[Excerpts from a dataset]
━━━━━━━━

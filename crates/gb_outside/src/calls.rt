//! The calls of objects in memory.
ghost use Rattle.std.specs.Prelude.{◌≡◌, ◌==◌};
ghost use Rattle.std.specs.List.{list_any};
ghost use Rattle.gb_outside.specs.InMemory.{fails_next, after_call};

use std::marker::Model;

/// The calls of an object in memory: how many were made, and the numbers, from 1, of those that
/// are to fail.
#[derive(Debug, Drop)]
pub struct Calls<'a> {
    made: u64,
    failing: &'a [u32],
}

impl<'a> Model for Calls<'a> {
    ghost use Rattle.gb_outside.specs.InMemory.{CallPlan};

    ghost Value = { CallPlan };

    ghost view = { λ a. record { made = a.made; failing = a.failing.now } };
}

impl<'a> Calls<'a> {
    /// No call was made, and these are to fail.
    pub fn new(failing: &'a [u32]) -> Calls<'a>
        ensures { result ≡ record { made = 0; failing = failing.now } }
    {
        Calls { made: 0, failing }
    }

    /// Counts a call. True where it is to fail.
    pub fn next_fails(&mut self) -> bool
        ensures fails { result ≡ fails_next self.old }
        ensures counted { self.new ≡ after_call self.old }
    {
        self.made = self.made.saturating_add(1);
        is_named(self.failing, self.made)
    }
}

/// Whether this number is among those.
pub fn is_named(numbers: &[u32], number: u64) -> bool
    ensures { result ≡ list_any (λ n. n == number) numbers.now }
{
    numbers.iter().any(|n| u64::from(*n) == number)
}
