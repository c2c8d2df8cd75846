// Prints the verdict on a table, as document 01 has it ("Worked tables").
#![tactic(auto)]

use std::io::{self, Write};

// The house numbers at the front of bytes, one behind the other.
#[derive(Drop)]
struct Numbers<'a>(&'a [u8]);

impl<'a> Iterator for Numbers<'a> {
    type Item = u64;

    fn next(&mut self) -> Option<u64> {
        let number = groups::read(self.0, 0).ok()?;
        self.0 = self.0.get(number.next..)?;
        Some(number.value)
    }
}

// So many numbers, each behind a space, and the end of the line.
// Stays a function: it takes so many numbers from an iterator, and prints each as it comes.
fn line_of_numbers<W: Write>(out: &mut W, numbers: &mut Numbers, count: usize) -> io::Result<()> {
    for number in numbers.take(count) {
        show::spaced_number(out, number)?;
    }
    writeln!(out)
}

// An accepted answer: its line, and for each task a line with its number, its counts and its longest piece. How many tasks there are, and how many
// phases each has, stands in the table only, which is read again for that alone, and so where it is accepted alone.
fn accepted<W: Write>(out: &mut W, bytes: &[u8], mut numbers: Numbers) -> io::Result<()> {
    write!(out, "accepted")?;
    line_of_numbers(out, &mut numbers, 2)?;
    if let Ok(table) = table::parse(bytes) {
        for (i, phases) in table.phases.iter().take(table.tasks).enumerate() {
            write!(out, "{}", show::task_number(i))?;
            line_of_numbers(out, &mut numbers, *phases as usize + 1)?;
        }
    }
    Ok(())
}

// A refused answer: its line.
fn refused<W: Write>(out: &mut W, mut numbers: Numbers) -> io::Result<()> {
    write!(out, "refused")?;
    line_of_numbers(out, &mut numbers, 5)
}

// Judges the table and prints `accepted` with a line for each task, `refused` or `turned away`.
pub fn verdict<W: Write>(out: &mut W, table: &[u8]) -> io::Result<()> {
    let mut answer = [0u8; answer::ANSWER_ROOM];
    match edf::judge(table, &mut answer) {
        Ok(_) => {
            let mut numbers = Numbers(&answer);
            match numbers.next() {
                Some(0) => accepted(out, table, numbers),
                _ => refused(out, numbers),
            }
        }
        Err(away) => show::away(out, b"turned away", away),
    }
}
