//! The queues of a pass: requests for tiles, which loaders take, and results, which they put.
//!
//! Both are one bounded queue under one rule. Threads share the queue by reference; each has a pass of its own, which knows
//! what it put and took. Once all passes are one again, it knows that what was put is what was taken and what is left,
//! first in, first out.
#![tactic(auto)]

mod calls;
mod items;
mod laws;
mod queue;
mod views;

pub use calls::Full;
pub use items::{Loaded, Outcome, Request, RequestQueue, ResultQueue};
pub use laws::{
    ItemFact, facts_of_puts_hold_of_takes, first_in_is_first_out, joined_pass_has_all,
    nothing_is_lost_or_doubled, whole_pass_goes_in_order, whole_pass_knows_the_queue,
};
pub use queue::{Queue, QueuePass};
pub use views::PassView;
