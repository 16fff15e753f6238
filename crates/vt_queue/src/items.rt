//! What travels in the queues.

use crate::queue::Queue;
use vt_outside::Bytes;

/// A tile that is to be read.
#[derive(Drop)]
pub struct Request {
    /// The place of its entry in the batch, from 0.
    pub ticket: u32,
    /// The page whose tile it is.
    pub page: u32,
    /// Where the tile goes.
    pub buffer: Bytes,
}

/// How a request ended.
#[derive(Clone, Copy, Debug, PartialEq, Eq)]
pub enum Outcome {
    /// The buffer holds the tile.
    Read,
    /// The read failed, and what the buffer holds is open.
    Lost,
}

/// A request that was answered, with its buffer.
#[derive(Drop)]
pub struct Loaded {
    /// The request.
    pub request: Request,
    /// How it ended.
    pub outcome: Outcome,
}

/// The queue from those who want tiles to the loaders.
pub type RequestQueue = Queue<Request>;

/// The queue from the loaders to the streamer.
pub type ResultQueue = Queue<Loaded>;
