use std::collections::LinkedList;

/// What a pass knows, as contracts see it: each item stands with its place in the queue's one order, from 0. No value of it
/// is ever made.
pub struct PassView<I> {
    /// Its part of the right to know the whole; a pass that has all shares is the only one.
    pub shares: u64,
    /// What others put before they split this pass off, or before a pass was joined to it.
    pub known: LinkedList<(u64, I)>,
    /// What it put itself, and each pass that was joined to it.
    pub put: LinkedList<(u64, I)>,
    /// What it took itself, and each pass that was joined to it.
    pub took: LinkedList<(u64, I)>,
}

━━━━━━━━

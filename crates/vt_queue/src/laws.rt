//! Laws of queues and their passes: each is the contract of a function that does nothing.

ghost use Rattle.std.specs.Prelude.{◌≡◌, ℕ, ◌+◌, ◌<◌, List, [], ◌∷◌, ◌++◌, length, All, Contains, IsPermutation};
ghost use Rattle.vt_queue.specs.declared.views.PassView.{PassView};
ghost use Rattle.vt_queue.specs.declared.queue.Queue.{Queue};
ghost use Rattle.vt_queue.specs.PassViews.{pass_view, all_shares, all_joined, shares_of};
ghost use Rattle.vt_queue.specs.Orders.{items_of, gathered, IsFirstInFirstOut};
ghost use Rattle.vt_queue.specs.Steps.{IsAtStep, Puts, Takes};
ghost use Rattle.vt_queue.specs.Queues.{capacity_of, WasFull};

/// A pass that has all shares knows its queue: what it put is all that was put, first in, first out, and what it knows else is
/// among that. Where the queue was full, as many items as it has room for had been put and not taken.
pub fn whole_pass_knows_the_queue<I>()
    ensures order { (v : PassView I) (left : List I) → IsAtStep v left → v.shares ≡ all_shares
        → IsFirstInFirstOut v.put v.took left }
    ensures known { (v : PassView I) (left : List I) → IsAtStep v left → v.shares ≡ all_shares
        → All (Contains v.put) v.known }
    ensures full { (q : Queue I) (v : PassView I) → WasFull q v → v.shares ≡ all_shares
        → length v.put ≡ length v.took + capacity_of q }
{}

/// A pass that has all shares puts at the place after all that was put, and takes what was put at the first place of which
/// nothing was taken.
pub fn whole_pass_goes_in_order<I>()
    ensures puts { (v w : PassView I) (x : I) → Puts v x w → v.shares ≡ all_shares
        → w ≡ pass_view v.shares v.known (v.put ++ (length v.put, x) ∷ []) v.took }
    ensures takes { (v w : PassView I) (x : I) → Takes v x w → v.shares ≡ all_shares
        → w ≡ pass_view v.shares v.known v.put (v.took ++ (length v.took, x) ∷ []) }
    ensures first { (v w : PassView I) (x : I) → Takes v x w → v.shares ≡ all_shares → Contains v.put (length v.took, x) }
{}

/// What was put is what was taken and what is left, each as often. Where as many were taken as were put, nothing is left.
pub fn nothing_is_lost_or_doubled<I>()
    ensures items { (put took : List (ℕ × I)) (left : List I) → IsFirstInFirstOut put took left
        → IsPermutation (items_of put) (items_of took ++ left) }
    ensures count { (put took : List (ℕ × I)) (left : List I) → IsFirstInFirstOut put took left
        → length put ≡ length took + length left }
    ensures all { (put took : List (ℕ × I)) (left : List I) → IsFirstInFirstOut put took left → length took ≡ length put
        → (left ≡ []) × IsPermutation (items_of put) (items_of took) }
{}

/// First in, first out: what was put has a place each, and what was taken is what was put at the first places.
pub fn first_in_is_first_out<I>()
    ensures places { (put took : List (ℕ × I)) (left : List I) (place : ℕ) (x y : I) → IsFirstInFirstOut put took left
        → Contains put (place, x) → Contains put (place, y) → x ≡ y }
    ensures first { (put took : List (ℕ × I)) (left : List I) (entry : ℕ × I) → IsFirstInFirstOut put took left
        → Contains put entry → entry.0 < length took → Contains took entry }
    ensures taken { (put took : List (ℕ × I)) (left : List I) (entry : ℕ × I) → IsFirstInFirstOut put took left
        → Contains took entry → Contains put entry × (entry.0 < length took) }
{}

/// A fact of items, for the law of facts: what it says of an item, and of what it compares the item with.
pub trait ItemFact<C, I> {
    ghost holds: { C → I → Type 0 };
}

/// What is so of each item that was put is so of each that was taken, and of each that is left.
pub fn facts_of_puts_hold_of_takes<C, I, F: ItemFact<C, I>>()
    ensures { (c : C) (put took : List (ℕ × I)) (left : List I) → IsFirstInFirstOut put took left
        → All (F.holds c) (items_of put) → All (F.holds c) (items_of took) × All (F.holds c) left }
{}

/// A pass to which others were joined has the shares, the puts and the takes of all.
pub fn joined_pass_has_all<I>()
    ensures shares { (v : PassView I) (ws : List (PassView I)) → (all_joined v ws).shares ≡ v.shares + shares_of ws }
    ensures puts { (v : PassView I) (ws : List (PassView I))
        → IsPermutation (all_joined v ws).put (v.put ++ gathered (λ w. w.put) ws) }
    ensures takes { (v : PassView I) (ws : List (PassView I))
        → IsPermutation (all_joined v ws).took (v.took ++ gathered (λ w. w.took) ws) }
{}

━━━━━━━━

Problem description | Show the lines of the entries that include the string "Model", copying each in full.

Written response |
use std::marker::Model;
impl<'a> Model for Calls<'a> {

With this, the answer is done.